- Origin: Surrey, England
- Genres: Indie pop
- Years active: 2000–2008
- Labels: Island Records Hungry Kid Records
- Past members: Tom Hewitt Ed Hilliam Rich Farris John Ricketts
- Website: http://www.clocksband.com/ http://www.myspace.com/clocks

= Clocks (British band) =

English indie pop band

Clocks were an English indie pop band, formed in Epsom & Ewell (just outside London) in 2000. After deciding in 2005 to take music seriously, they spent their university vacations gigging and recording. They have recorded with Liam Watson (The White Stripes, Supergrass, Madness) and on 14 August 2006 released their debut single, "That Much Better" on Hungry Kid Records. This was enough to convince Island Records to sign them up to a recording contract that week.

The band spent time in 2007 recording tracks with record producer, John Cornfield (Razorlight, Supergrass, Muse), and have recorded their début album for Island Records with producer Eliot James (Bloc Party), which had been scheduled for release in Summer 2008. The album was leaked through several P2P sites on 13 July, without even having a title.

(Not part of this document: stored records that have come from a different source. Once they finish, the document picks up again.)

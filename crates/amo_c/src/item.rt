//! The items of a batch, as C sees them.
ghost use Rattle.std.specs.Prelude.{◌≡◌, ◌≤◌, map, take, drop, length};
ghost use Rattle.amo_c.specs.Batch.{item_told};

use crate::codes::AccessCode;
use amo_process::Item;

/// `AmoItem`: one access of a batch, or the loads of a row. The process notes each loaded value,
/// and 0 for a store.
#[repr(C)]
#[derive(Clone, Copy, Drop)]
pub struct AmoItem {
    /// The number of an `AccessCode`, never that of `Nothing`.
    pub access: u64,
    /// The place of the word, from 0. For a row it is the place of the first word that is loaded.
    pub word: u64,
    /// The value to store. For a row it is the place of its last word, which is always 0. Otherwise
    /// 0.
    pub value: u64,
}

/// Returns an item as C sees it.
fn item_told(item: Item) -> AmoItem
    ensures { result ≡ item_told item }
{
    let (access, word, value) = match item {
        Item::Store(word, value) => (AccessCode::Store, word, value),
        Item::Load(word) => (AccessCode::Load, word, 0),
        Item::LoadUntilZero(word, last) => (AccessCode::LoadRow, word, last),
    };
    AmoItem {
        access: access.number() as u64,
        word,
        value,
    }
}

/// Writes the first items of the batch, as many as there are places, and returns their number.
/// Other places stay as they were.
pub(crate) fn write_items(places: &mut [AmoItem], batch: &[Item]) -> usize
    ensures count { result ≤ length places.new }
    ensures told { take result places.new ≡ take (length places.old) (map item_told batch.now) }
    ensures beyond { drop result places.new ≡ drop result places.old }
{
    let count = places.len().min(batch.len());
    for k in 0..count {
        places[k] = item_told(batch[k]);
    }
    count
}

After eighteen months on Island Records, in which time they had completed five UK tours and recorded an album's worth of material, they parted company with the label. The band have cited the 2008 financial crisis as the primary reason. Clocks had been forced to pull their UK headline tour in May 2008 after only one show, due to lack of financial support from the record label. Although promotional copies of the debut album, tentatively titled 'Miniskirts & Cigarettes', were issued, it remains commercially unreleased.

==Members==
- Tom Hewitt – lead vocals, guitars, keyboards
- Ed Hilliam – vocals, lead guitar
- Rich Farris – drums, vocals
- John Ricketts – bass

==Discography==
- "That Much Better" (14 August 2006) – Hungry Kid Records
- "All I Can" (7 January 2008) – Island Records
- "Old Valve Radio" (14 April 2008) – Island Records

==Touring==
Clocks undertook three UK tours; November 2006, February 2007 (with Grace) and September/October 2007 (with The Departure). The band have also played one-off shows with The Fray and The Feeling. In 2008 they went on tour to support Scouting For Girls.

Clocks played at the Glastonbury Festival in 2007 in the Orange Tent.